(Dataset entries)
[Start of section]
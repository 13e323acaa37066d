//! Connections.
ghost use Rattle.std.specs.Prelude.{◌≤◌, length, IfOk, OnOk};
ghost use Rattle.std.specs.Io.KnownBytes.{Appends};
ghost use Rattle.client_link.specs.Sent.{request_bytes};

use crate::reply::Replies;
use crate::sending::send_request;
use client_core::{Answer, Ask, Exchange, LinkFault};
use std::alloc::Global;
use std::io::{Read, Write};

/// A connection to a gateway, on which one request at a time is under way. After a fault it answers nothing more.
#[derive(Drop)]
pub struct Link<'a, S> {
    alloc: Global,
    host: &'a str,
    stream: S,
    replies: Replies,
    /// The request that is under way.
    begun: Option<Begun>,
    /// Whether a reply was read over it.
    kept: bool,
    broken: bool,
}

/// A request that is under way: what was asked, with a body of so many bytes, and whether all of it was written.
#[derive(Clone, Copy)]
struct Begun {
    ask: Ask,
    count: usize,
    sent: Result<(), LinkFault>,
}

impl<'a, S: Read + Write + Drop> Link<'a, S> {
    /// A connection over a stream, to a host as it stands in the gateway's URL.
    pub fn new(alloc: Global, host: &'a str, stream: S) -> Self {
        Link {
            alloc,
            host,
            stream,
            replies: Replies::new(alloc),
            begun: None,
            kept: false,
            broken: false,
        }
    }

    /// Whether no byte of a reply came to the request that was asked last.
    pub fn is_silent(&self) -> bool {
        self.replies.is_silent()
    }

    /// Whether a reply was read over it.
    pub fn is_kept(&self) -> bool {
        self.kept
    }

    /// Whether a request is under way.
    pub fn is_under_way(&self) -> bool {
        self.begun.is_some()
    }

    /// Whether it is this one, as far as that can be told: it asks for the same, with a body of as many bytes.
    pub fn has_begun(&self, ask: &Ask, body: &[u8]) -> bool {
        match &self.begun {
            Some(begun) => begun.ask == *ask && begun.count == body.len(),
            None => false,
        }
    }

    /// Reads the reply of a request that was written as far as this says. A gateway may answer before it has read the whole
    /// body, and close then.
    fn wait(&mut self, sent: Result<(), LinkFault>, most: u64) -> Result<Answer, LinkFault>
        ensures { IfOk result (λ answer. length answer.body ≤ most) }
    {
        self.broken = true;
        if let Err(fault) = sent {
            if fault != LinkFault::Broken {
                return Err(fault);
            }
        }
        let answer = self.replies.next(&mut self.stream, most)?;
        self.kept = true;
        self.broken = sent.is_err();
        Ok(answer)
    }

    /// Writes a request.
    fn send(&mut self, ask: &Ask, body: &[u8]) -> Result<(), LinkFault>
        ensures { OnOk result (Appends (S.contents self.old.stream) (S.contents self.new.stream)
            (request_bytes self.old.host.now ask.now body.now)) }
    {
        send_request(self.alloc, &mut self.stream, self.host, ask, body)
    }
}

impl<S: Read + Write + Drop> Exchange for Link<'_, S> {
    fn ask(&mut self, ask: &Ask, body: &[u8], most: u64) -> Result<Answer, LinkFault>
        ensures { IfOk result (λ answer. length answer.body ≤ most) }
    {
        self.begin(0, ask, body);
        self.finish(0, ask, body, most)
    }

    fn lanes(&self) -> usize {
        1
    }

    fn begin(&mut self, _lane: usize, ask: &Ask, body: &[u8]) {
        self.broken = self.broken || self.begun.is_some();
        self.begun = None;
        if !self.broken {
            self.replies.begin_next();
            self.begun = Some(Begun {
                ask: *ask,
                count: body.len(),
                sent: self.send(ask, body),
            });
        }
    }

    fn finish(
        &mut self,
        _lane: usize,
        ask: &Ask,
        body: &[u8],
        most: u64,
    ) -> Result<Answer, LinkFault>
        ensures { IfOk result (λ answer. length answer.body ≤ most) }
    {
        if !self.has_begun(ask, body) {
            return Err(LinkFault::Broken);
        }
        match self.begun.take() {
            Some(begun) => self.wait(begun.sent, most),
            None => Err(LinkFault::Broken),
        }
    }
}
[End of section]
=== What this task involves ===
Write an exact transcription of every entry above.

=== Solution for this exercise ===
repository 13e323acaa37066d
//! Connections.
ghost use Rattle.std.specs.Prelude.{◌≤◌, length, IfOk, OnOk};
ghost use Rattle.std.specs.Io.KnownBytes.{Appends};
ghost use Rattle.client_link.specs.Sent.{request_bytes};

use crate::reply::Replies;
use crate::sending::send_request;
use client_core::{Answer, Ask, Exchange, LinkFault};
use std::alloc::Global;
use std::io::{Read, Write};

/// A connection to a gateway, on which one request at a time is under way. After a fault it answers nothing more.
#[derive(Drop)]
pub struct Link<'a, S> {
    alloc: Global,
    host: &'a str,
    stream: S,
    replies: Replies,
    /// The request that is under way.
    begun: Option<Begun>,
    /// Whether a reply was read over it.
    kept: bool,
    broken: bool,
}

/// A request that is under way: what was asked, with a body of so many bytes, and whether all of it was written.
#[derive(Clone, Copy)]
struct Begun {
    ask: Ask,
    count: usize,
    sent: Result<(), LinkFault>,
}

impl<'a, S: Read + Write + Drop> Link<'a, S> {
    /// A connection over a stream, to a host as it stands in the gateway's URL.
    pub fn new(alloc: Global, host: &'a str, stream: S) -> Self {
        Link {
            alloc,
            host,
            stream,
            replies: Replies::new(alloc),
            begun: None,
            kept: false,
            broken: false,
        }
    }

    /// Whether no byte of a reply came to the request that was asked last.
    pub fn is_silent(&self) -> bool {
        self.replies.is_silent()
    }

    /// Whether a reply was read over it.
    pub fn is_kept(&self) -> bool {
        self.kept
    }

    /// Whether a request is under way.
    pub fn is_under_way(&self) -> bool {
        self.begun.is_some()
    }

    /// Whether it is this one, as far as that can be told: it asks for the same, with a body of as many bytes.
    pub fn has_begun(&self, ask: &Ask, body: &[u8]) -> bool {
        match &self.begun {
            Some(begun) => begun.ask == *ask && begun.count == body.len(),
            None => false,
        }
    }

    /// Reads the reply of a request that was written as far as this says. A gateway may answer before it has read the whole
    /// body, and close then.
    fn wait(&mut self, sent: Result<(), LinkFault>, most: u64) -> Result<Answer, LinkFault>
        ensures { IfOk result (λ answer. length answer.body ≤ most) }
    {
        self.broken = true;
        if let Err(fault) = sent {
            if fault != LinkFault::Broken {
                return Err(fault);
            }
        }
        let answer = self.replies.next(&mut self.stream, most)?;
        self.kept = true;
        self.broken = sent.is_err();
        Ok(answer)
    }

    /// Writes a request.
    fn send(&mut self, ask: &Ask, body: &[u8]) -> Result<(), LinkFault>
        ensures { OnOk result (Appends (S.contents self.old.stream) (S.contents self.new.stream)
            (request_bytes self.old.host.now ask.now body.now)) }
    {
        send_request(self.alloc, &mut self.stream, self.host, ask, body)
    }
}

impl<S: Read + Write + Drop> Exchange for Link<'_, S> {
    fn ask(&mut self, ask: &Ask, body: &[u8], most: u64) -> Result<Answer, LinkFault>
        ensures { IfOk result (λ answer. length answer.body ≤ most) }
    {
        self.begin(0, ask, body);
        self.finish(0, ask, body, most)
    }

    fn lanes(&self) -> usize {
        1
    }

    fn begin(&mut self, _lane: usize, ask: &Ask, body: &[u8]) {
        self.broken = self.broken || self.begun.is_some();
        self.begun = None;
        if !self.broken {
            self.replies.begin_next();
            self.begun = Some(Begun {
                ask: *ask,
                count: body.len(),
                sent: self.send(ask, body),
            });
        }
    }

    fn finish(
        &mut self,
        _lane: usize,
        ask: &Ask,
        body: &[u8],
        most: u64,
    ) -> Result<Answer, LinkFault>
        ensures { IfOk result (λ answer. length answer.body ≤ most) }
    {
        if !self.has_begun(ask, body) {
            return Err(LinkFault::Broken);
        }
        match self.begun.take() {
            Some(begun) => self.wait(begun.sent, most),
            None => Err(LinkFault::Broken),
        }
    }
}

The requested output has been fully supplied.